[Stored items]
★ ★ ★ ★ ★ ★ ★

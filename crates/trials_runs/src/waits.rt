//! Streams that wait for work: a busy one calls them, and they do not leave their wave for nothing.

ghost use Rattle.std.specs.Prelude.{None};
ghost use Rattle.abt_machine.specs.Limits.{function_limit};

use abt_machine::{Outcome, StreamNo, UnitNo, Want, Workload};
use abt_order::StoredOrder;
use abt_streams::{read_lives, run_lives};
use abt_waves::run_streams;
use abt_work::{AnyWork, Work};
use abt_workload::read;
use std::alloc::{AllocError, Global};
use std::hint::spin_loop;
use std::sync::Wait;
use std::sync::atomic::{AtomicBool, AtomicU32, Ordering};
use std::test::Fail;
use std::thread::Threads;

// Stream 1 makes one step, and then waits. Units 0 and 1 revive one another on stream 0 for ever. Beside them unit 3 makes 4,000 steps, by
// which stream 1 sleeps, and then creates unit 2 for it.
static BUSY: &str =
    "abt 3\nstreams 2\npool 0 fifo mpmc\npool 1 fifo mpmc\nsched 0 prio 0\nsched 1 prio 1\nstream 0 main 0\nstream 1 main 1\nunits 5\nunit 0 ult at 0\nrevive 1 0\nunit 1 ult at 0\nrevive 0 0\nunit 2 ult later\nset 1\nunit 3 ult at 0\nrepeat 4000 yield\ncreate 2 1\nunit 4 ult at 1\nset 1\nend\n";

// The unit that is created.
const CREATED: UnitNo = UnitNo(2);

// How many steps each stream may make.
const STEPS: u64 = 70_000;

// The step of stream 0 that is held: by then a stream with work has called those that wait.
const HELD: u32 = 60_000;

// The most turns that a held step waits.
const TURNS: u32 = 50_000_000;

// Holds the first step of stream 0 until stream 1 has made one, and a later one until the created unit makes its step.
#[derive(Drop)]
struct Holding {
    steps: AtomicU32,
    started: AtomicBool,
    came: AtomicBool,
    met: AtomicBool,
}

impl Holding {
    fn new() -> Holding {
        Holding {
            steps: AtomicU32::new(0),
            started: AtomicBool::new(false),
            came: AtomicBool::new(false),
            met: AtomicBool::new(false),
        }
    }

    // Holds a step of stream 0.
    fn hold(&self) {
        let step = self.steps.fetch_add(1, Ordering::SeqCst);
        if step == 0 {
            is_seen(&self.started);
        }
        if step == HELD {
            self.met.store(is_seen(&self.came), Ordering::SeqCst);
        }
    }
}

impl Work for Holding {
    ghost count = { λ _. function_limit };

    ghost returns = { λ _ _ _ _ _. None };

    fn before_step(&self, stream: StreamNo, unit: UnitNo, _at: u32) {
        if unit == CREATED {
            self.came.store(true, Ordering::SeqCst);
        }
        if stream == StreamNo(0) {
            self.hold();
        } else {
            self.started.store(true, Ordering::SeqCst);
        }
    }

    fn call(&self, _function: u32, _unit: UnitNo, acc: u64, _keys: &[u64]) -> u64 {
        acc
    }

    fn accepts(
        &self,
        _function: u32,
        _unit: UnitNo,
        _acc: u64,
        _keys: &[u64],
        _value: u64,
    ) -> bool {
        true
    }
}

// Whether the flag is set within the turns that a held step waits.
pub(crate) fn is_seen(flag: &AtomicBool) -> bool {
    for _ in 0..TURNS {
        if flag.load(Ordering::SeqCst) {
            return true;
        }
        spin_loop();
    }
    false
}

// Whether the created unit comes while stream 0 is at work.
#[tactic(auto, using(crate::proofs::Storing::stores_calls))]
fn comes<R: Threads + Wait + Sync>(rt: &R, alloc: Global, w: &Workload) -> Result<bool, Want> {
    w.known();
    let work = Holding::new();
    let orders = [StoredOrder::rotating(), StoredOrder::mirroring()];
    let run = run_streams(rt, alloc, w, &orders, &work, STEPS, false)?;
    let met = work.met.load(Ordering::SeqCst);
    Ok(met && run.outcome == Outcome::Budget(StreamNo(0)))
}

fn busy_comes<R: Threads + Wait + Sync>(rt: &R, alloc: Global) -> Result<bool, Fail> {
    let w = read(alloc, BUSY.as_bytes())?;
    Ok(comes(rt, alloc, &w)?)
}

#[test]
fn a_busy_stream_calls_those_that_wait(rt: HostRuntime) -> Result<(), Fail> {
    let it_does = busy_comes(&rt, rt.alloc())?;
    assert!(rt; it_does);
    Ok(())
}

// How often each of two units waits for the other.
const TIMES: u32 = 100;

static PAIR: &str =
    "abt 1\nstreams 2\npool 0 fifo mpmc\npool 1 fifo mpmc\nsched 0 prio 0\nsched 1 prio 1\nstream 0 main 0\nstream 1 main 1\n";

// Appends a unit that sets the eventuals from this one on by turns, and one that waits for them.
fn push_turns(text: &mut String) -> Result<(), AllocError> {
    text.push_str(PAIR)?;
    for x in 0..2 * TIMES {
        writeln!(text, "object {x} eventual")?;
    }
    text.push_str("units 2\nunit 0 ult at 0\n")?;
    for x in 0..TIMES {
        writeln!(text, "eset {}\newait {}", 2 * x, 2 * x + 1)?;
    }
    text.push_str("unit 1 ult at 1\n")?;
    for x in 0..TIMES {
        writeln!(text, "ewait {}\neset {}", 2 * x, 2 * x + 1)?;
    }
    text.push_str("end\n")
}

// How many waves a run has whose streams all live.
#[tactic(auto, using(crate::proofs::Storing::stores_calls))]
fn count_waves<R: Threads + Wait + Sync>(
    rt: &R,
    alloc: Global,
    w: &Workload,
) -> Result<usize, Fail> {
    let lives = read_lives(alloc, w, b"")?;
    w.known();
    let orders = [StoredOrder::rotating(), StoredOrder::mirroring()];
    let run = run_lives(rt, alloc, w, &lives, &orders, &AnyWork, 1_000)?;
    Ok(run.waves.items().len())
}

// How many waves the run of the two units has.
fn waves_of_turns<R: Threads + Wait + Sync>(rt: &R, alloc: Global) -> Result<usize, Fail> {
    let mut text = String::new(alloc);
    push_turns(&mut text)?;
    let w = read(alloc, text.as_bytes())?;
    count_waves(rt, alloc, &w)
}

// If a stream left its wave whenever it finds nothing, there would be a wave for each time that a unit waits.
#[test]
fn streams_that_wait_for_one_another_stay_in_their_wave(rt: HostRuntime) -> Result<(), Fail> {
    let waves = waves_of_turns(&rt, rt.alloc())?;
    assert!(rt; waves < 20, "{waves} waves");
    Ok(())
}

★ ★ ★ ★ ★ ★ ★

▶ _What this task involves_: If a line in the records contains "nsched", report it.

▶ _Answer for the task_:
    "abt 3\nstreams 2\npool 0 fifo mpmc\npool 1 fifo mpmc\nsched 0 prio 0\nsched 1 prio 1\nstream 0 main 0\nstream 1 main 1\nunits 5\nunit 0 ult at 0\nrevive 1 0\nunit 1 ult at 0\nrevive 0 0\nunit 2 ult later\nset 1\nunit 3 ult at 0\nrepeat 4000 yield\ncreate 2 1\nunit 4 ult at 1\nset 1\nend\n";
    "abt 1\nstreams 2\npool 0 fifo mpmc\npool 1 fifo mpmc\nsched 0 prio 0\nsched 1 prio 1\nstream 0 main 0\nstream 1 main 1\n";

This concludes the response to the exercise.